Each node lookup corresponds to one disk I/O, so this query needs three I/O operations.

B+Tree can locate data in millions of rows with only 3‑4 levels, keeping I/O low.

Querying by Secondary Index

Secondary indexes store the primary key value in leaf nodes. To find a row by a secondary key (e.g., product_no = '0002'):

Search the secondary B+Tree to locate the leaf node containing the primary key.

Use that primary key to search the primary B+Tree and fetch the full row.

This two‑step process is called “back‑to‑table” (回表). If the query only needs columns present in the secondary index, the engine can satisfy it directly—this is a “covering index”.

Why InnoDB Chooses B+Tree

Compared with B‑Tree, B+Tree stores data only in leaf nodes, making each node smaller and allowing more keys per I/O. Leaf nodes are linked, enabling efficient range scans.

Compared with a binary tree, B+Tree’s fan‑out (often >100) yields a height of only 3‑4 even for tens of millions of rows, giving O(log d N) search complexity versus O(log N) for binary trees.

Hash indexes provide O(1) lookups for equality queries but cannot handle range queries, making B+Tree more versatile.

By Physical Storage

Clustered (primary) index: leaf nodes store full rows.

Secondary index: leaf nodes store only the primary key.

By Field Characteristics

Primary index – built on the primary key column.

Unique index – enforces uniqueness, allows NULL.

Ordinary index – no uniqueness or primary constraints.

Prefix index – indexes only the first N characters of a string column.

By Number of Columns

Single‑column index – e.g., primary key.

Composite (multi‑column) index – e.g., (product_no, name).

Composite Index Example

Creating a composite index on (product_no, name):

CREATE INDEX index_product_no_name ON product(product_no, name);

The B+Tree orders first by product_no, then by name. Queries must follow the leftmost principle to use the index efficiently.

When to Create or Not Create an Index?

Indexes improve query speed but have drawbacks: they consume storage, increase write overhead, and can slow down INSERT/UPDATE/DELETE operations.

Create Index When

The column has a uniqueness constraint (e.g., product code).

The column is frequently used in WHERE clauses.

The column is often used in GROUP BY or ORDER BY.

Do Not Create Index When

The column is not used for filtering, grouping, or ordering.

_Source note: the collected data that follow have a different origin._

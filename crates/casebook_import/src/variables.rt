//! The variables of sessions.
ghost use Rattle.std.specs.Prelude.{◌≡◌, IfOk, OnOk};
ghost use Rattle.std.specs.FinMap as finmap;
ghost use Rattle.casebook_import.specs.Variables.{value_text, vars_of, with_variable};
ghost use Rattle.casebook_import.specs.Variables.{with_variables};

use crate::NoMem;
use crate::opaque::opaque_bytes;
use crate::said_vars::SaidVars;
use casebook_declare::{DeclareError, Variable, variables};
use retro_tree::{Text, VALUE_LIMIT, VarName};
use std::alloc::Global;
use std::str::from_utf8;

/// Returns a value as a text. Another text stands for one that a state can't hold.
#[tactic(auto, using(crate::proofs::Values::values))]
fn value_text(alloc: Global, value: &[u8]) -> Result<Text, NoMem>
    ensures { IfOk result (λ text. text ≡ value_text value.now) }
{
    if value.len() > VALUE_LIMIT {
        return Ok(Text::of(opaque_bytes(alloc, "a value", value)?));
    }
    match from_utf8(value) {
        Ok(text) => Ok(Text::of(String::from_str(alloc, text)?)),
        Err(_) => Ok(Text::of(opaque_bytes(alloc, "a value", value)?)),
    }
}

/// Sets a variable, unless no line of Retro's shell can assign it.
fn add_variable(alloc: Global, vars: &mut SaidVars, variable: &Variable) -> Result<(), NoMem>
    ensures { OnOk result (vars.new ≡ with_variable variable.now vars.old) }
{
    if let Some(name) = VarName::of(alloc, variable.name.as_str())? {
        vars.insert(name, value_text(alloc, variable.value.as_slice())?)?;
    }
    Ok(())
}

/// Returns the variables with their values. Of two with one name the later one counts.
fn with_variables(alloc: Global, all: &[Variable]) -> Result<SaidVars, NoMem>
    ensures { IfOk result (λ vars. vars ≡ with_variables all.now finmap.empty) }
{
    let mut vars = SaidVars::new(alloc);
    for variable in all {
        add_variable(alloc, &mut vars, variable)?;
    }
    Ok(vars)
}

/// Returns the variables that a text of `declare -p` says, or `None` if no bash prints it.
#[tactic(auto, unfolding(crate::specs::Variables::vars_of))]
pub(crate) fn vars_of(alloc: Global, text: &[u8]) -> Result<Option<SaidVars>, NoMem>
    ensures { IfOk result (λ found. found ≡ vars_of text.now) }
{
    match variables(alloc, text) {
        Ok(all) => Ok(Some(with_variables(alloc, all.as_slice())?)),
        Err(DeclareError::NoMem) => Err(NoMem),
        Err(DeclareError::CutOff | DeclareError::NotPrinted(_)) => Ok(None),
    }
}
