run: /f=hi%(NL) :: 1 :: cat :: /f => 0 [hi%(NL)] [] ["bytes","/f",["f","68690a"]]
run: /f=ab /g=cd :: 1 :: cat :: -u :: /f :: -- :: /g
  => 1 [abcd] [cat: --: No such file or directory%(NL)] ["bytes","/f",["f","6162"]] ["cwd","/"]
  ["bytes","/--",[]] ["bytes","/g",["f","6364"]]
run: /d/ /d/f=x @/d :: 1 :: cat :: f :: none :: f
  => 1 [xx] [cat: none: No such file or directory%(NL)] ["cwd","/d"] ["bytes","/d/f",["f","78"]]
  ["cwd","/d"] ["bytes","/d/none",[]] ["cwd","/d"] ["bytes","/d/f",["f","78"]]
run: /d/ :: 1 :: cat :: /d => 1 [] [cat: /d: Is a directory%(NL)] ["bytes","/d",["d"]]
run: %(EMPTY) :: 1 =in :: cat => 0 [in] []
run: /f=x :: 1 =in :: cat :: /f :: - :: /f
  => 0 [xinx] [] ["bytes","/f",["f","78"]] ["bytes","/f",["f","78"]]
run: %(EMPTY) :: 1 =in :: cat :: - :: - => 0 [in] []
run: /f=x :: 1 /f :: cat :: - :: - => 0 [x] [] ["bytes","/f",["f","78"]]
run: /d/ :: 1 /d :: cat => 0 [] [] ["bytes","/d",["d"]]
run: %(EMPTY) :: 1 /dev/null :: cat => 0 [] []
run: %(EMPTY) :: 1 :: cat :: /dev/null => 0 [] []
run: @/dev :: 1 :: cat :: ./null => 0 [] [] ["cwd","/dev"]
run: %(EMPTY) :: 1 :: cat :: %(EMPTY) :: %(n*256)
  => 1 [] [cat: : No such file or directory%(NL)cat: %(n*256): File name too long%(NL)]
run: /f=x :: 1 :: cat :: -n :: /f => 2 [] [cat: usage%(NL)]
run: %(EMPTY) :: 1 =in :: tee => 0 [in] []
run: %(EMPTY) :: 1 =in :: tee :: /f => 0 [in] [] ["canwrite","/f",0,"yes"] ["put","/f",["f",""]]
  ["canwrite","/f",2,"yes"] ["grow","/f","696e"]
run: /f=x :: 1 =in :: tee :: -a :: /f => 0 [in] [] ["canwrite","/f",0,"yes"] ["grow","/f",""]
  ["canwrite","/f",2,"yes"] ["grow","/f","696e"]
run: %(EMPTY) :: 1 =in :: tee :: /f :: /f => 0 [in] [] ["canwrite","/f",0,"yes"]
  ["put","/f",["f",""]] ["canwrite","/f",0,"yes"] ["put","/f",["f",""]] ["canwrite","/f",2,"yes"]
  ["grow","/f","696e"] ["canwrite","/f",2,"yes"] ["grow","/f","696e"]
run: /d/ :: 1 =in :: tee :: /d :: /n/f :: /g => 1 [in] [tee: /d: Is a directory%(NL)tee: /n/f: No
  such file or directory%(NL)] ["canwrite","/d",0,"isdir"] ["canwrite","/n/f",0,"noparent"]
  ["canwrite","/g",0,"yes"] ["put","/g",["f",""]] ["canwrite","/g",2,"yes"] ["grow","/g","696e"]
run: /g=x :: 1 =in :: tee :: /g/f :: /dev/null
  => 1 [in] [tee: /g/f: Not a directory%(NL)] ["canwrite","/g/f",0,"notdir"]
run: %(EMPTY) :: 1 :: tee :: /f => 0 [] [] ["canwrite","/f",0,"yes"] ["put","/f",["f",""]]
run: /i=in :: 1 /i :: tee :: /f => 0 [in] [] ["canwrite","/f",0,"yes"] ["put","/f",["f",""]]
  ["bytes","/i",["f","696e"]] ["canwrite","/f",2,"yes"] ["grow","/f","696e"]
run: /f=in :: 1 /f :: tee :: /f => 0 [] [] ["canwrite","/f",0,"yes"] ["put","/f",["f",""]]
  ["bytes","/f",["f",""]]
run: @/d /d/ :: 1 =in :: tee :: - => 0 [in] [] ["cwd","/d"] ["canwrite","/d/-",0,"yes"]
  ["put","/d/-",["f",""]] ["canwrite","/d/-",2,"yes"] ["grow","/d/-","696e"]
run: /f*1048575 :: 1 =in :: tee :: -a :: /f => 1 [in] [tee: /f: File too large%(NL)]
  ["canwrite","/f",0,"yes"] ["grow","/f",""] ["canwrite","/f",2,"toolarge"]
run: %(EMPTY) :: 1 =in :: tee :: -x :: /f => 2 [] [tee: usage%(NL)]
run: /f=abc%(NL)de :: 1 :: cut :: -b :: 2-3,1 :: /f
  => 0 [abc%(NL)de%(NL)] [] ["bytes","/f",["f","6162630a6465"]]
run: /f=ab /d/ :: 1 :: cut :: -b1 :: /n :: /d :: /f
  => 1 [a%(NL)] [cut: /n: No such file or directory%(NL)cut: /d: Is a directory%(NL)]
  ["bytes","/n",[]] ["bytes","/d",["d"]] ["bytes","/f",["f","6162"]]
run: /f=ab :: 1 =xy :: cut :: -b2 :: - :: /f :: - => 0 [y%(NL)b%(NL)] [] ["bytes","/f",["f","6162"]]
run: /i=a:b :: 1 /i :: cut :: -d: :: -f2 => 0 [b%(NL)] [] ["bytes","/i",["f","613a62"]]
run: /f=a:b:c%(NL)no%(NL)x:y:z :: 1 :: cut :: -f :: 3,1 :: -d :: : :: /f
  => 0 [a:c%(NL)no%(NL)x:z%(NL)] [] ["bytes","/f",["f","613a623a630a6e6f0a783a793a7a"]]
run: /f=abcdefg%(NL)ab :: 1 :: cut :: -b :: 6-,2-3,3,1-2 :: /f
  => 0 [abcfg%(NL)ab%(NL)] [] ["bytes","/f",["f","616263646566670a6162"]]
run: /f=a:b:c:d:e%(NL)f:g%(NL)h :: 1 :: cut :: -d: :: -f :: 4-,2,1-2,4 :: /f
  => 0 [a:b:d:e%(NL)f:g%(NL)h%(NL)] [] ["bytes","/f",["f","613a623a633a643a650a663a670a68"]]
run: /f=a:b :: 1 :: cut :: -sf :: 1 :: /f => 0 [] [] ["bytes","/f",["f","613a62"]]
run: /f=ab :: 1 :: cut :: -f :: 0 :: /f => 2 [] [cut: usage%(NL)]
run: /f=ab :: 1 :: cut :: /f => 2 [] [cut: usage%(NL)]

given: /t=a:b:c%(NL)no%(NL)x:y:z :: 1
- run: grep :: -F :: %(EMPTY) :: /t => 0 [a:b:c%(NL)no%(NL)x:y:z%(NL)] []
  ["bytes","/t",["f","613a623a630a6e6f0a783a793a7a"]]
- run: grep :: -Fcv :: b :: /t => 0 [2%(NL)] [] ["bytes","/t",["f","613a623a630a6e6f0a783a793a7a"]]
- run: grep :: -Fx :: no :: /t => 0 [no%(NL)] [] ["bytes","/t",["f","613a623a630a6e6f0a783a793a7a"]]
- run: grep :: -F :: no :: /t :: /n => 2 [/t:no%(NL)] [grep: /n: No such file or directory%(NL)]
  ["bytes","/t",["f","613a623a630a6e6f0a783a793a7a"]] ["bytes","/n",[]]
- run: grep :: -Fq :: no :: /t :: /n => 0 [] [] ["bytes","/t",["f","613a623a630a6e6f0a783a793a7a"]]
- run: grep :: -Fq :: no :: /n :: /t => 0 [] [grep: /n: No such file or directory%(NL)]
  ["bytes","/n",[]] ["bytes","/t",["f","613a623a630a6e6f0a783a793a7a"]]
- run: grep :: -F :: zz :: /t => 1 [] [] ["bytes","/t",["f","613a623a630a6e6f0a783a793a7a"]]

The column has low cardinality (many duplicate values, e.g., gender).

The table is very small.

The column is frequently updated (e.g., user balance).

Index Optimization Techniques

Prefix index optimization.

Covering index optimization.

Use auto‑increment primary keys.

Prevent index loss.

Prefix Index

Indexes only the first N characters of a string to reduce index size, but cannot be used for ORDER BY or as covering indexes.

Covering Index

If all columns needed by a query are present in the secondary index, the engine can retrieve results without accessing the primary index, avoiding back‑to‑table.

Auto‑Increment Primary Key

Sequential inserts avoid page splits, leading to higher insert performance and less fragmentation compared with random primary keys.

Prevent Index Loss

Common scenarios that cause index loss:

LIKE patterns with a leading wildcard (e.g., LIKE '%xx' or LIKE '%xx%').

Functions, calculations, or type casts on indexed columns.

Violating the leftmost principle in composite indexes.

Using OR where only one side references an indexed column.

Indexed columns not declared NOT NULL.

Check the execution plan: possible_keys shows candidate indexes, key shows the actual index used (NULL means no index), key_len the index length, rows the rows examined, and type the access method (ALL, index, range, ref, eq_ref, const). Prefer range, ref, eq_ref, or const over ALL or index scans.

Summary

This article covered the principles, classifications, creation syntax, and optimization strategies for MySQL indexes, providing a concise reference for designing efficient indexing schemes.